Even when the militias-by-any-other-name occasionally seem to deliver results, without close monitoring and the ability to disarm them and control them, they often go bad quickly. The 2010 experience with militias in Nangarhar illustrates this dynamic. The tribes in Achin and Shinwar regions of Nangarhar province spontaneously raised anti-Taliban militias. Enthusiastically embraced by U.S. military command in Afghanistan and promised financial sponsorship, the tribes were incorporated into the Community Defense Initiative, another version of the local militia approach. But quickly, the militias turned on a rival tribe. Using U.S.-provided weapons and claiming to have U.S. backing, they “reclaimed” land disputed between the two tribes and triggered violence in large portions of the province. Thus even when the program is performing its function of beating down the Taliban in a particular locale, it still leaves behind armed men who can and often do challenge the already weak central government and engage in predation of local communities.

4 COMMENTS

  1. This is an excellent meta survey with good analysis. It is particularly valuable to those considering policy implications in development.

    The anti-corruption prescription from donors is often tinged with bias. For examplem there seems to be an emphasis on enforcement before capacity building and with little understanding of incentives.

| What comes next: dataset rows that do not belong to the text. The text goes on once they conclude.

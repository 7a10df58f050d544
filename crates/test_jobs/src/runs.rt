//! Runs over an input or an output that failed before the run began.

use crate::same::{same, same_of};
use crate::whole::job;
use cap_cmd::{Job, run_job};
use cap_words::{ByteIn, ByteOut, FromRead, FromWrite, InFault, OutFault, VecOut};
use std::process::Abort;
use std::test::Fail;
use test_support::{HONEST, Reader, Writer};

// A message of one null pointer, and words as they are packed.
const NULL: &str = "00000000010000000000000000000000";

// A command, an input of which it writes something, and the line of an input that was closed.
static ROWS: [(&str, &str, &str); 5] = [
    ("vet", NULL, "capvet: message 0: Spent\n"),
    ("segments", NULL, "capvet: message 0: Spent\n"),
    ("filter", NULL, "capvet: message 0: Spent\n"),
    ("pack", NULL, "capvet: Spent\n"),
    ("unpack", "51080302", "capvet: Spent\n"),
];

// A run's output took nothing, and it ended with this line and status 3.
fn expect_end(rt: &impl Abort, taken: &[u8], err: &VecOut, line: &str, status: u8) {
    same_of(
        rt,
        &line,
        (taken, err.bytes(), status),
        (&[], line.as_bytes(), 3),
    );
}

fn expect_closed_input<R: AllocGlobal + Abort>(rt: &R, job: &Job, line: &str) {
    let mut reader = Reader::broken(&[]);
    let mut input = FromRead::new(&mut reader);
    same(rt, input.read(&mut [0]), Err(InFault::Device));
    let out = FromWrite::new(Writer::new(rt.alloc(), usize::MAX, HONEST));
    let mut err = VecOut::new(rt.alloc());
    let (status, out) = run_job(rt.alloc(), job, input, out, &mut err);
    expect_end(rt, out.into_inner().taken.as_slice(), &err, line, status);
}

fn expect_closed_output<R: AllocGlobal + Abort>(rt: &R, job: &Job, bytes: &[u8]) {
    let mut reader = Reader::honest(bytes, usize::MAX);
    let mut out = FromWrite::new(Writer::full(rt.alloc(), 0, true));
    same(rt, out.write(&[0]), Err(OutFault::Device));
    let mut err = VecOut::new(rt.alloc());
    let (status, out) = run_job(rt.alloc(), job, FromRead::new(&mut reader), out, &mut err);
    let taken = out.into_inner().taken;
    expect_end(
        rt,
        taken.as_slice(),
        &err,
        "capvet: output failed\n",
        status,
    );
}

#[test]
fn an_end_that_failed_before_ends_the_run_with_status_3(rt: HostRuntime) -> Result<(), Fail> {
    for (command, stream, line) in &ROWS {
        let job = job(rt.alloc(), command, &[])?;
        expect_closed_input(&rt, &job, line);
        let bytes = hex::decode(rt.alloc(), stream)?;
        expect_closed_output(&rt, &job, bytes.as_slice());
    }
    Ok(())
}
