//! Runs over devices that give and take few bytes a call, each of their calls failing in turn.

use crate::same::same_of;
use crate::whole::{Ran, job, run_in_pieces, run_over};
use cap_cmd::Job;
use std::io::ErrorKind;
use std::process::Abort;
use std::test::Fail;
use test_support::{Fault, HONEST, PIECES, READ_FAULTS, WRITE_FAULTS};

// A command with its options, its input, and the line of a read that fails, by how many bytes were
// given before it.
struct Row {
    command: &'static str,
    options: &'static [&'static str],
    stream: &'static str,
    lines: &'static [(usize, &'static str)],
}

// A list of three bits, a word that is no pointer, and two pointers to one struct.
const MESSAGES: &str = "\
    00000000020000000100000019000000ffffffffffffffff\
    00000000010000000700000005000000\
    00000000040000000000000000000200040000000100000000000000010000000700000000000000";

const LINES: &[(usize, &str)] = &[
    (0, "capvet: message 0: Device\n"),
    (24, "capvet: message 1: Device\n"),
    (40, "capvet: message 2: Device\n"),
    (80, "capvet: message 3: Device\n"),
];

// The second of them.
const RESERVED: &str = "00000000010000000700000005000000";

const LINES_RESERVED: &[(usize, &str)] = &[
    (0, "capvet: message 0: Device\n"),
    (16, "capvet: message 1: Device\n"),
];

const MESSAGES_PACKED: &str = "1002110119ffffffffffffffffff0010011107051004400211040110010107";

const LINES_PACKED: &[(usize, &str)] = &[
    (0, "capvet: message 0: Device\n"),
    (15, "capvet: message 1: Device\n"),
    (20, "capvet: message 2: Device\n"),
    (31, "capvet: message 3: Device\n"),
];

// The first and the last of them, which have canonical copies.
const COPIED: &str =
    "00000000020000000100000019000000ffffffffffffffff00000000040000000000000000000200040000000100000000000000010000000700000000000000";

const LINES_COPIED: &[(usize, &str)] = &[
    (0, "capvet: message 0: Device\n"),
    (24, "capvet: message 1: Device\n"),
    (64, "capvet: message 2: Device\n"),
];

const COPIED_PACKED: &str = "1002110119ffffffffffffffffff001004400211040110010107";

const LINES_COPIED_PACKED: &[(usize, &str)] = &[
    (0, "capvet: message 0: Device\n"),
    (15, "capvet: message 1: Device\n"),
    (26, "capvet: message 2: Device\n"),
];

// Words of each kind of group, and their packed text.
const WORDS: &str =
    "0800000003000200616161616161616161626364656667000000000000000000000000000000000019000000aa010000";

const GROUPS: &str = "51080302ff616161616161616101616263646566670000013119aa01";

const NO_MESSAGE: &[(usize, &str)] = &[(0, "capvet: Device\n")];

static ROWS: [Row; 20] = [
    Row {
        command: "segments",
        options: &[],
        stream: MESSAGES,
        lines: LINES,
    },
    Row {
        command: "segments",
        options: &["--packed"],
        stream: MESSAGES_PACKED,
        lines: LINES_PACKED,
    },
    Row {
        command: "vet",
        options: &[],
        stream: MESSAGES,
        lines: LINES,
    },
    Row {
        command: "vet",
        options: &["--packed"],
        stream: MESSAGES_PACKED,
        lines: LINES_PACKED,
    },
    Row {
        command: "vet",
        options: &["--exclusive"],
        stream: MESSAGES,
        lines: LINES,
    },
    Row {
        command: "vet",
        options: &["--exclusive", "--packed"],
        stream: MESSAGES_PACKED,
        lines: LINES_PACKED,
    },
    Row {
        command: "explain",
        options: &[],
        stream: RESERVED,
        lines: LINES_RESERVED,
    },
    Row {
        command: "dump",
        options: &[],
        stream: MESSAGES,
        lines: LINES,
    },
    Row {
        command: "dump",
        options: &["--packed"],
        stream: MESSAGES_PACKED,
        lines: LINES_PACKED,
    },
    Row {
        command: "get",
        options: &["/"],
        stream: MESSAGES,
        lines: LINES,
    },
    Row {
        command: "get",
        options: &["/", "--packed"],
        stream: MESSAGES_PACKED,
        lines: LINES_PACKED,
    },
    Row {
        command: "check",
        options: &[],
        stream: MESSAGES,
        lines: LINES,
    },
    Row {
        command: "check",
        options: &["--packed"],
        stream: MESSAGES_PACKED,
        lines: LINES_PACKED,
    },
    Row {
        command: "canon",
        options: &[],
        stream: MESSAGES,
        lines: LINES,
    },
    Row {
        command: "canon",
        options: &[],
        stream: COPIED,
        lines: LINES_COPIED,
    },
    Row {
        command: "canon",
        options: &["--packed"],
        stream: COPIED_PACKED,
        lines: LINES_COPIED_PACKED,
    },
    Row {
        command: "filter",
        options: &[],
        stream: COPIED,
        lines: LINES_COPIED,
    },
    Row {
        command: "filter",
        options: &["--packed"],
        stream: COPIED_PACKED,
        lines: LINES_COPIED_PACKED,
    },
    Row {
        command: "pack",
        options: &[],
        stream: WORDS,
        lines: NO_MESSAGE,
    },
    Row {
        command: "unpack",
        options: &[],
        stream: GROUPS,
        lines: NO_MESSAGE,
    },
];

// Reads that fail: the device isn't called again, the output is that of the bytes given before, and the
// line and the status are those of the fault.
fn expect_read_faults<R: AllocGlobal + Abort>(
    rt: &R,
    row: &Row,
    job: &Job,
    bytes: &[u8],
    buffered: bool,
    most: usize,
    kind: ErrorKind,
    reads: u32,
) -> Result<(), Fail> {
    for at in 1..=reads {
        let reading = Fault {
            at,
            kind: Some(kind),
        };
        let ran = run_in_pieces(rt.alloc(), job, bytes, buffered, most, reading, HONEST)?;
        same_of(rt, &row.command, ran.reads, at);
        let before = run_over(rt.alloc(), job, &bytes[..ran.given.min(bytes.len())])?;
        let line = line_of(row, ran.given).as_bytes();
        ran.expect(rt, row.command, before.taken.as_slice(), line, 3);
    }
    Ok(())
}

// The line of a read that fails after `given` bytes.
fn line_of(row: &Row, given: usize) -> &'static str {
    let mut line = "";
    for (from, text) in row.lines {
        if *from <= given {
            line = *text;
        }
    }
    line
}

// Writes and flushes that fail: the device isn't called again, and what it took is a beginning of the
// text, no shorter than where an earlier call failed.
fn expect_write_faults<R: AllocGlobal + Abort>(
    rt: &R,
    row: &Row,
    job: &Job,
    bytes: &[u8],
    most: usize,
    kind: Option<ErrorKind>,
    honest: &Ran,
) -> Result<(), Fail> {
    let mut least = 0;
    for at in 1..=honest.writes {
        let writing = Fault { at, kind };
        let ran = run_in_pieces(rt.alloc(), job, bytes, false, most, HONEST, writing)?;
        same_of(rt, &row.command, ran.writes, at);
        let len = ran.taken.len();
        assert!(rt;
            least <= len && len <= honest.taken.len(),
            "{}",
            row.command
        );
        least = len;
        let front = &honest.taken.as_slice()[..len.min(honest.taken.len())];
        ran.expect(rt, row.command, front, b"capvet: output failed\n", 3);
    }
    Ok(())
}

// A run over devices that never fail, which is as that over whole bytes.
fn expect_honest<R: AllocGlobal + Abort>(
    rt: &R,
    row: &Row,
    job: &Job,
    bytes: &[u8],
    buffered: bool,
    most: usize,
) -> Result<Ran, Fail> {
    let whole = run_over(rt.alloc(), job, bytes)?;
    let ran = run_in_pieces(rt.alloc(), job, bytes, buffered, most, HONEST, HONEST)?;
    assert!(rt; !ran.taken.is_empty(), "{}", row.command);
    ran.expect(
        rt,
        row.command,
        whole.taken.as_slice(),
        whole.err.bytes(),
        whole.status,
    );
    Ok(ran)
}

// A row over devices that never fail, and then over each that fails.
fn expect_faults<R: AllocGlobal + Abort>(
    rt: &R,
    row: &Row,
    job: &Job,
    bytes: &[u8],
    buffered: bool,
    most: usize,
) -> Result<(), Fail> {
    let ran = expect_honest(rt, row, job, bytes, buffered, most)?;
    for kind in &READ_FAULTS {
        expect_read_faults(rt, row, job, bytes, buffered, most, *kind, ran.reads)?;
    }
    if buffered {
        return Ok(());
    }
    for kind in &WRITE_FAULTS {
        expect_write_faults(rt, row, job, bytes, most, *kind, &ran)?;
    }
    Ok(())
}

fn expect_row<R: AllocGlobal + Abort>(
    rt: &R,
    row: &Row,
    most: usize,
    buffered: bool,
) -> Result<(), Fail> {
    let bytes = hex::decode(rt.alloc(), row.stream)?;
    let job = job(rt.alloc(), row.command, row.options)?;
    expect_faults(rt, row, &job, bytes.as_slice(), buffered, most)
}

#[test]
fn each_call_of_a_device_fails_in_turn(rt: HostRuntime) -> Result<(), Fail> {
    for row in &ROWS {
        for most in PIECES {
            expect_row(&rt, row, most, false)?;
        }
        expect_row(&rt, row, 3, true)?;
    }
    Ok(())
}
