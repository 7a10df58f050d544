//! Tests of jobs that the built program doesn't show: devices that fail in one exact call, and how a
//! command line is read.
#![tactic(auto)]

#[cfg(test)]
mod jobs;
#[cfg(test)]
mod pieces;
#[cfg(test)]
mod runs;
#[cfg(test)]
mod same;
#[cfg(test)]
mod whole;
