//! What a command line is read as that no run of the program shows, and runs of at most one message.

use crate::same::same;
use crate::whole::{job, run_over};
use cap_cmd::{JobFault, read_job};
use std::alloc::Global;
use std::test::Fail;

// Whether these arguments are answered with how the program is used.
fn is_usage(alloc: Global, all: Vec<String>) -> bool {
    match read_job(alloc, all) {
        Ok(_job) => false,
        Err(JobFault::Help { text: _text }) => false,
        Err(JobFault::Usage { text }) => !text.is_empty(),
        Err(JobFault::Path { at: _at }) => false,
        Err(JobFault::Memory) => false,
    }
}

#[test]
fn reads_a_command_line(rt: HostRuntime) -> Result<(), Fail> {
    // a run goes through as many messages as can be counted
    let job = job(rt.alloc(), "vet", &[])?;
    same(&rt, job.settings.messages, u32::MAX);
    // not even the name of a program
    same(&rt, is_usage(rt.alloc(), Vec::new(rt.alloc())), true);
    Ok(())
}

// Commands with their options.
static COMMANDS: [(&str, &[&str]); 9] = [
    ("segments", &[]),
    ("vet", &[]),
    ("vet", &["--exclusive"]),
    ("explain", &[]),
    ("filter", &[]),
    ("dump", &[]),
    ("get", &["/"]),
    ("check", &[]),
    ("canon", &[]),
];

// Two messages, each of a null root.
static TWO: [u8; 32] = [
    0, 0, 0, 0, 1, 0, 0, 0, 0, 0, 0, 0, 0, 0, 0, 0, 0, 0, 0, 0, 1, 0, 0, 0, 0, 0, 0, 0, 0, 0, 0, 0,
];

// No option sets how many messages a run may read. The text is that of the first message.
#[test]
fn reads_no_more_messages_than_it_may(rt: HostRuntime) -> Result<(), Fail> {
    for (command, options) in &COMMANDS {
        let mut job = job(rt.alloc(), command, *options)?;
        let first = run_over(rt.alloc(), &job, &TWO[..16])?;
        job.settings.messages = 1;
        let ran = run_over(rt.alloc(), &job, &TWO)?;
        let line = b"capvet: message 1: TooManyMessages\n";
        ran.expect(&rt, command, first.taken.as_slice(), line, 1);
    }
    Ok(())
}
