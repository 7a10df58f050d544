//! A run of the program over devices: the arguments of a command line and the bytes that come in.

use crate::same::same_of;
use cap_cmd::{Job, read_job, run_job};
use cap_words::{BufferedIn, FromRead, FromWrite, VecOut};
use std::alloc::Global;
use std::process::Abort;
use std::test::Fail;
use test_support::{Fault, HONEST, Reader, Writer};

/// A run over a reader and a writer: what they gave and took, and how often they were called.
#[derive(Drop)]
pub(crate) struct Ran {
    pub(crate) status: u8,
    pub(crate) given: usize,
    pub(crate) reads: u32,
    pub(crate) taken: Vec<u8>,
    pub(crate) writes: u32,
    pub(crate) err: VecOut,
}

impl Ran {
    /// That a run's output took these bytes, and it ended with these lines of faults and this status.
    pub(crate) fn expect(
        &self,
        rt: &impl Abort,
        name: &str,
        taken: &[u8],
        lines: &[u8],
        status: u8,
    ) {
        let left = (self.taken.as_slice(), self.err.bytes(), self.status);
        same_of(rt, &name, left, (taken, lines, status));
    }
}

/// The arguments of a command line, the program's name first.
pub(crate) fn words(alloc: Global, line: &[&str]) -> Result<Vec<String>, Fail> {
    let mut all = Vec::new(alloc);
    all.push(String::from_str(alloc, "capvet")?)?;
    for word in line {
        all.push(String::from_str(alloc, *word)?)?;
    }
    Ok(all)
}

/// The job of a command with these options.
pub(crate) fn job(alloc: Global, command: &str, options: &[&str]) -> Result<Job, Fail> {
    let mut line = words(alloc, &[command])?;
    for option in options {
        line.push(String::from_str(alloc, *option)?)?;
    }
    match read_job(alloc, line) {
        Ok(job) => Ok(job),
        Err(_) => Err(Fail::from("no job")),
    }
}

/// Runs a job over devices that give and take at most `most` bytes a call. Where `buffered` says so,
/// the input has a buffer.
pub(crate) fn run_in_pieces(
    alloc: Global,
    job: &Job,
    bytes: &[u8],
    buffered: bool,
    most: usize,
    reading: Fault,
    writing: Fault,
) -> Result<Ran, Fail> {
    let mut reader = Reader::new(bytes, most, reading);
    let out = FromWrite::new(Writer::new(alloc, most, writing));
    let mut err = VecOut::new(alloc);
    let (status, out) = if buffered {
        let input = BufferedIn::new(alloc, &mut reader)?;
        run_job(alloc, job, input, out, &mut err)
    } else {
        run_job(alloc, job, FromRead::new(&mut reader), out, &mut err)
    };
    let writer = out.into_inner();
    Ok(Ran {
        status,
        given: bytes.len().saturating_sub(reader.rest.len()),
        reads: reader.calls,
        taken: writer.taken,
        writes: writer.calls,
        err,
    })
}

/// Runs a job over devices that never fail, and give and take all that a call asks for.
pub(crate) fn run_over(alloc: Global, job: &Job, bytes: &[u8]) -> Result<Ran, Fail> {
    run_in_pieces(alloc, job, bytes, false, usize::MAX, HONEST, HONEST)
}
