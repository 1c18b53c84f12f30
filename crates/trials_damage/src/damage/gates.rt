// A gate that is not set, over any bytes in the rest of page 0.
use super::*;

const GATES: [u8; 4] = [0, 2, 128, 255];

// What fills the rest of the page.
const FILLERS: [u8; 4] = [0, 1, 2, 255];

// The file with another page 0.
fn with_page(alloc: Global, file: &[u8], gate: u8, filler: u8) -> Result<Vec<u8>, AllocError> {
    let mut bytes = Vec::from_slice(alloc, &[gate])?;
    bytes.resize(PAGE_SIZE, filler)?;
    if let Some(pages) = file.get(PAGE_SIZE..) {
        bytes.extend_from_slice(pages)?;
    }
    Ok(bytes)
}

fn expect_gate(rt: &impl Abort, alloc: Global, file: &[u8], gate: u8) -> Result<(), Fail> {
    for filler in FILLERS {
        let bytes = with_page(alloc, file, gate, filler)?;
        expect_opened(rt, alloc, "a gate that is not set", &bytes, OF_SHORT)?;
    }
    Ok(())
}

#[test]
fn a_gate_that_is_not_set_opens(rt: HostRuntime) -> Result<(), Fail> {
    let alloc = rt.alloc();
    let short = short_file(alloc)?;
    for gate in GATES {
        expect_gate(&rt, alloc, short.bytes(), gate)?;
    }
    Ok(())
}
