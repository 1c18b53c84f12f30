// The nodes that tags make, each with no title yet.
ghost use Rattle.std.specs.Prelude.{◌≡◌, ◌<◌, [], List, IfOk, unwrap_or};
ghost use Rattle.std.specs.Option.{option_map};
ghost use Rattle.pl_nbread.specs.BookmarkTree as spec;
ghost use Rattle.pl_nbread.specs.BookmarkTree.{said, seconds_limit};
ghost use Rattle.pl_nbread.specs.Scanned.{Tells, now};
ghost use Rattle.pl_nbread.specs.Tokens.{Attribute};

use crate::attributes::Attributes;
use crate::open_list::{OpenList, Root};
use crate::tree::Node;
use crate::values;
use pl_base::{ItemKind, MICROS_PER_SECOND, Micros, NoMemory, Seq, Txt};
use std::alloc::Global;

/// The root that a heading stands for. Only in the menu root may it stand for one.
pub(crate) fn root_at(
    alloc: Global,
    here: OpenList,
    attributes: &Attributes<'_>,
) -> Result<Option<Root>, NoMemory>
    ensures { (all : List Attribute) → Tells attributes.now all
        → IfOk result (λ root. root ≡ spec.root_at here all) }
{
    if here.root != Root::Menu || here.depth != 0 {
        return Ok(None);
    }
    if values::is_true(alloc, attributes.toolbar)? {
        return Ok(Some(Root::Toolbar));
    }
    if values::is_true(alloc, attributes.unfiled)? {
        return Ok(Some(Root::Unfiled));
    }
    if values::is_true(alloc, attributes.mobile)? {
        return Ok(Some(Root::Mobile));
    }
    Ok(None)
}

/// A folder.
pub(crate) fn folder(
    alloc: Global,
    here: OpenList,
    attributes: &Attributes<'_>,
) -> Result<Node, NoMemory>
    ensures { (all : List Attribute) → Tells attributes.now all
        → IfOk result (λ node. node ≡ spec.folder here all []) }
{
    let (added, modified) = dates(alloc, attributes)?;
    Ok(Node {
        depth: here.depth,
        kind: ItemKind::Folder,
        url: None,
        title: Txt::from(String::new(alloc)),
        added,
        modified,
        tags: Seq::from(Vec::new(alloc)),
    })
}

/// A bookmark. `None` where its address is no URL of the store.
pub(crate) fn bookmark(
    alloc: Global,
    here: OpenList,
    attributes: &Attributes<'_>,
) -> Result<Option<Node>, NoMemory>
    ensures { (all : List Attribute) → Tells attributes.now all → IfOk result (λ node.
        node ≡ option_map (λ url. spec.bookmark here url all []) (spec.url all)) }
{
    let Some(url) = values::url(alloc, attributes.href)? else {
        return Ok(None);
    };
    let (added, modified) = dates(alloc, attributes)?;
    Ok(Some(Node {
        depth: here.depth,
        kind: ItemKind::Bookmark,
        url: Some(url),
        title: Txt::from(String::new(alloc)),
        added,
        modified,
        tags: values::tags(alloc, attributes.tags)?,
    }))
}

/// A separator.
pub(crate) fn separator(alloc: Global, here: OpenList) -> Node
    ensures { result ≡ spec.separator here }
{
    Node {
        depth: here.depth,
        kind: ItemKind::Separator,
        url: None,
        title: Txt::from(String::new(alloc)),
        added: Micros(0),
        modified: Micros(0),
        tags: Seq::from(Vec::new(alloc)),
    }
}

// When a node was added, and when it was last modified.
fn dates(alloc: Global, attributes: &Attributes<'_>) -> Result<(Micros, Micros), NoMemory>
    ensures added { (all : List Attribute) → Tells attributes.now all
        → IfOk result (λ dates. dates.0 ≡ spec.added all) }
    ensures modified { (all : List Attribute) → Tells attributes.now all
        → IfOk result (λ dates. dates.1 ≡ spec.modified all) }
{
    let added = seconds_or(alloc, attributes.add_date, 0)?;
    let modified = seconds_or(alloc, attributes.last_modified, added)?;
    Ok((
        Micros(added * MICROS_PER_SECOND),
        Micros(modified * MICROS_PER_SECOND),
    ))
}

// The date that a value is, in seconds, and another one where it is none.
fn seconds_or(alloc: Global, value: Option<&str>, other: u64) -> Result<u64, NoMemory>
    requires short { other < seconds_limit }
    ensures date { IfOk result (λ s. s ≡ unwrap_or (spec.seconds (said (now value.entry))) other) }
    ensures short { IfOk result (λ s. s < seconds_limit) }
{
    let seconds = values::seconds(alloc, value)?;
    Ok(seconds.unwrap_or(other))
}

    Part of your analysis, though, seems to jump to conclusions. Your statement about off-budget as “not necessarily in a less corrupt manner” is most likely factually incorrect. Off-budget funding is almost certainly more corrupt than on-budget. On-budget execution through the Ministry of Finance uses automated budget & commitment controls to prevent many forms of corruption. Transactions are fully auditable.There is additional oversight through the mult-donor trust fund. Reports from the govrnment system meet international public sector accounting standards. The latest Public Expenditure and Financial Accountability (PEFA) assessment was positive. Capacity building has enabled the Treasury to roll-out software and training to all regions in the country. Unlike off-budget, the on-budget funds avoid the quick transfer to cash. It’s cash that makes aid fungible and easily used for corrupt purposes. Of course, this will not eliminate corruption, but it makes corruption orders of magnitude harder. And, much easier to expose.

  2. On page 4, there is mention of a proposal for CDCs to exercise oversight of ALP. Does anyone know of a reference for that? I have read every assessment of NSP and every research paper mentioning NSP that I have been able to find over the past 2 years. I do not recall ever reading a proposal for CDCs to be used in that capacity. I would like to read about that in greater detail.

    • @TJM The proposal for CDCs to exercise oversight over the ALP came out of private meetings the author had with ISAF and USG officials. Unfortunately, no referencing note is available to follow up with it.